Throughout, the light faded. As the stream's roar grew closer, I descended with greater caution. Testing my footing, I almost fell when a boulder dislodged under my weight and rumbled to the bottom. While the dusk thickened, so did the vapor from the stream, beading my face, soaking my clothes, making me shiver harder. I remembered reading that victims of hypothermia become stupefied near the end, unaware of what's around them. I fought to keep my thoughts clear.

As it was, I struggled to the bottom before I realized it, nearly stepping into the raging current, so deadened by its thunder that I hadn't been aware how close I was. Lurching back, I almost twisted my ankle. Unnerved by the surreal contrast between the blue sky above the chasm and the gathering dusk within it, I shifted along the roiling water with delicate care. Spray drenched me. As the chasm sloped toward its murky exit, I worried that I'd break a leg within sight of my escape.

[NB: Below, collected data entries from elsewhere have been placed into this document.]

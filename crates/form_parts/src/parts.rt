//! Names, labels, types and bounds.
ghost use Rattle.std.specs.Prelude.{◌≡◌, List, IfOk, MatchOption, Some};
ghost use Rattle.vb_tree.specs.declared.token.Token.{Token};
ghost use Rattle.form_parts.specs.Answer.{Answers};
ghost use Rattle.form_parts.specs.Parts.{name_of_token, name_label, name_alone, with_library, behind_dot, is_dot, word_of, named_type, IsStringHead, kind_label, IsTypeName, type_depth, IsBounds, bounds_depth};
ghost use Rattle.form_parts.specs.Now.{name_now, now_of};

use crate::answer::{Part, PartFail, both};
use crate::expressions::{before_word, expression};
use crate::words::is_key;
use std::alloc::Global;
use up_base::{Mem, Name, NameFail};
use vb_exprs::{Class, class_at};
use vb_tree::{Bounds6, Label6, Literal6, Sign, Suffix, Token, TokenKind, TypeName6};

/// The name that a token is, with its suffix.
pub fn name_of(token: &Token) -> Option<(&Name, Suffix)>
    ensures { name_now result ≡ name_of_token token.now }
{
    let Class::Naming = class_at(token) else {
        return None;
    };
    match &token.kind {
        TokenKind::Word(name, suffix) => Some((name, *suffix)),
        TokenKind::Bracketed(name, suffix) => Some((name, *suffix)),
        _ => None,
    }
}

// The label that a name is.
fn name_label(alloc: Global, token: &Token) -> Result<Option<Label6>, Mem>
    ensures { IfOk result (λ found. found ≡ name_label (name_of_token token.now)) }
{
    match name_of(token) {
        Some((name, Suffix::Absent)) => Ok(Some(Label6::Word(name.copy(alloc)?))),
        _ => Ok(None),
    }
}

/// The label that a token is: a name without a suffix, or a whole decimal number.
pub fn label(alloc: Global, token: &Token) -> Result<Option<Label6>, Mem>
    ensures { IfOk result (λ found. found ≡ kind_label token.now.kind) }
{
    match &token.kind {
        TokenKind::Word(_, _) => name_label(alloc, token),
        TokenKind::Bracketed(_, _) => name_label(alloc, token),
        TokenKind::Lit(Literal6::Int(value, false)) => Ok(Some(Label6::Number(i32::from(*value)))),
        TokenKind::Lit(Literal6::Long(value, false)) => Ok(Some(Label6::Number(*value))),
        _ => Ok(None),
    }
}

// A name behind its library and a full stop, unless that is too long for a name.
fn with_library(alloc: Global, library: &Name, part: &Name) -> Result<Option<Name>, Mem>
    ensures { IfOk result (λ found. found ≡ with_library (Some library.now) (Some part.now)) }
{
    let mut bytes = Vec::from_slice(alloc, library.as_bytes())?;
    bytes.push(b'.')?;
    bytes.extend_from_slice(part.as_bytes())?;
    match Name::make(alloc, &bytes) {
        Ok(name) => Ok(Some(name)),
        Err(NameFail::NotName) => Ok(None),
        Err(NameFail::Mem) => Err(Mem),
    }
}

// The name that stands behind a full stop.
fn behind_dot<'a>(dot: &Token, part: &'a Token) -> Option<&'a Name>
    ensures { now_of result ≡ behind_dot (is_dot dot.now.kind) (word_of part.now.kind) }
{
    let TokenKind::Sign(Sign::Dot) = &dot.kind else {
        return None;
    };
    match &part.kind {
        TokenKind::Word(name, _) => Some(name),
        TokenKind::Bracketed(name, _) => Some(name),
        _ => None,
    }
}

fn library_type(
    alloc: Global,
    first: &Token,
    dot: &Token,
    part: &Token,
) -> Result<Option<Name>, Mem>
    ensures { IfOk result (λ found. found ≡ with_library (name_alone (name_of_token first.now)) (behind_dot (is_dot dot.now.kind) (word_of part.now.kind))) }
{
    let Some((library, _)) = name_of(first) else {
        return Ok(None);
    };
    let Some(part) = behind_dot(dot, part) else {
        return Ok(None);
    };
    with_library(alloc, library, part)
}

fn simple_type(alloc: Global, token: &Token) -> Result<Option<Name>, Mem>
    ensures { IfOk result (λ found. found ≡ name_alone (name_of_token token.now)) }
{
    match name_of(token) {
        Some((name, _)) => Ok(Some(name.copy(alloc)?)),
        None => Ok(None),
    }
}

// The type that the tokens are, as one name.
fn named_type(alloc: Global, tokens: &[Token]) -> Result<Option<Name>, Mem>
    ensures { IfOk result (λ found. found ≡ named_type tokens.now) }
{
    match tokens {
        [token] => simple_type(alloc, token),
        [first, dot, part] => library_type(alloc, first, dot, part),
        _ => Ok(None),
    }
}

// What stands behind `String *`.
fn behind_string(tokens: &[Token]) -> Option<&[Token]>
    ensures { MatchOption result ((rest : List Token) → IsStringHead tokens.now rest → ⊥)
        (λ rest. IsStringHead tokens.now rest.now) }
{
    let [word, star, rest @ ..] = tokens else {
        return None;
    };
    if !is_key(word, b"string") {
        return None;
    }
    let TokenKind::Sign(Sign::Star) = &star.kind else {
        return None;
    };
    Some(rest)
}

impl Part for TypeName6 {
    ghost use Rattle.vb_tree.specs.Tree.{TypeName};
    ghost use Rattle.vb_tree.specs.View.{type_name_of};
    ghost use Rattle.form_parts.specs.Parts.{IsTypeName, type_depth};

    ghost Plain = { TypeName };

    ghost view = { type_name_of };

    ghost Is = { IsTypeName };

    ghost depth = { type_depth };

    fn read(alloc: Global, tokens: &[Token]) -> Result<TypeName6, PartFail> {
        match behind_string(tokens) {
            Some(rest) => {
                let units = expression(alloc, rest)?;
                Ok(TypeName6::FixedString(Box::new(alloc, units)?))
            }
            None => match named_type(alloc, tokens)? {
                Some(name) => Ok(TypeName6::Named(name)),
                None => Err(PartFail::NotFound),
            },
        }
    }
}

impl Part for Bounds6 {
    ghost use Rattle.vb_tree.specs.Tree.{Bounds};
    ghost use Rattle.vb_tree.specs.View.{bounds_of};
    ghost use Rattle.form_parts.specs.Parts.{IsBounds, bounds_depth};

    ghost Plain = { Bounds };

    ghost view = { bounds_of };

    ghost Is = { IsBounds };

    ghost depth = { bounds_depth };

    fn read(alloc: Global, tokens: &[Token]) -> Result<Bounds6, PartFail> {
        match before_word(alloc, tokens, b"to")? {
            Some((before, after)) => {
                let (lower, upper) = both(expression(alloc, before), expression(alloc, after))?;
                let lower = Some(lower);
                Ok(Bounds6 { lower, upper })
            }
            None => {
                let upper = expression(alloc, tokens)?;
                Ok(Bounds6 { lower: None, upper })
            }
        }
    }
}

I made my way over slick rocks, gripping boulders for support, my mind and body so numbed that it took me a minute to understand that the object I leaned against was an aspen tree, not a boulder, that sunlight was angling toward me, that I'd left the chasm a while ago and now was stumbling through a forest.

It's almost over, I told myself. All I need to do is follow the stream through the trees to the lake. As my steps quickened, I imagined unlocking the car. I anticipated the relief of crawling in and starting the engine, of turning on the heater and feeling hot air blow over me as I changed into warm clothes from my suitcase.

"Jason! Petey!"

I lurched from the aspens to the edge of the lake and squinted through dimming sunlight toward the opposite side.

My stomach sank when I saw that the car wasn't there.

Easily explained. Petey and Jason went for help, I thought.

They'll be back soon. All I have to do is crawl into the tent and try to get warm.

The tent was also gone.

"No!" The veins in my neck threatened to burst, but I couldn't stop screaming. "Noooo!"

16

Denial's an amazing emotion. During my descent, suspicions had nagged at me, but I'd managed to suppress them, too preoccupied with staying alive. Now I still kept trying to tell myself that I was wrong. After all, six hours previously, the possibility that my brother would push me off a cliff would have been unthinkable, especially given the load of guilt that I'd been carrying around.

My God, what had Petey done with Jason?

Furious, shivering so hard that my teeth clicked together, I yanked off my wet shirt, pulled my denim jacket from the knapsack, and quickly put it over my bare skin. The jacket was damp from having been near the stream, but it felt luxurious compared to what I'd been wearing.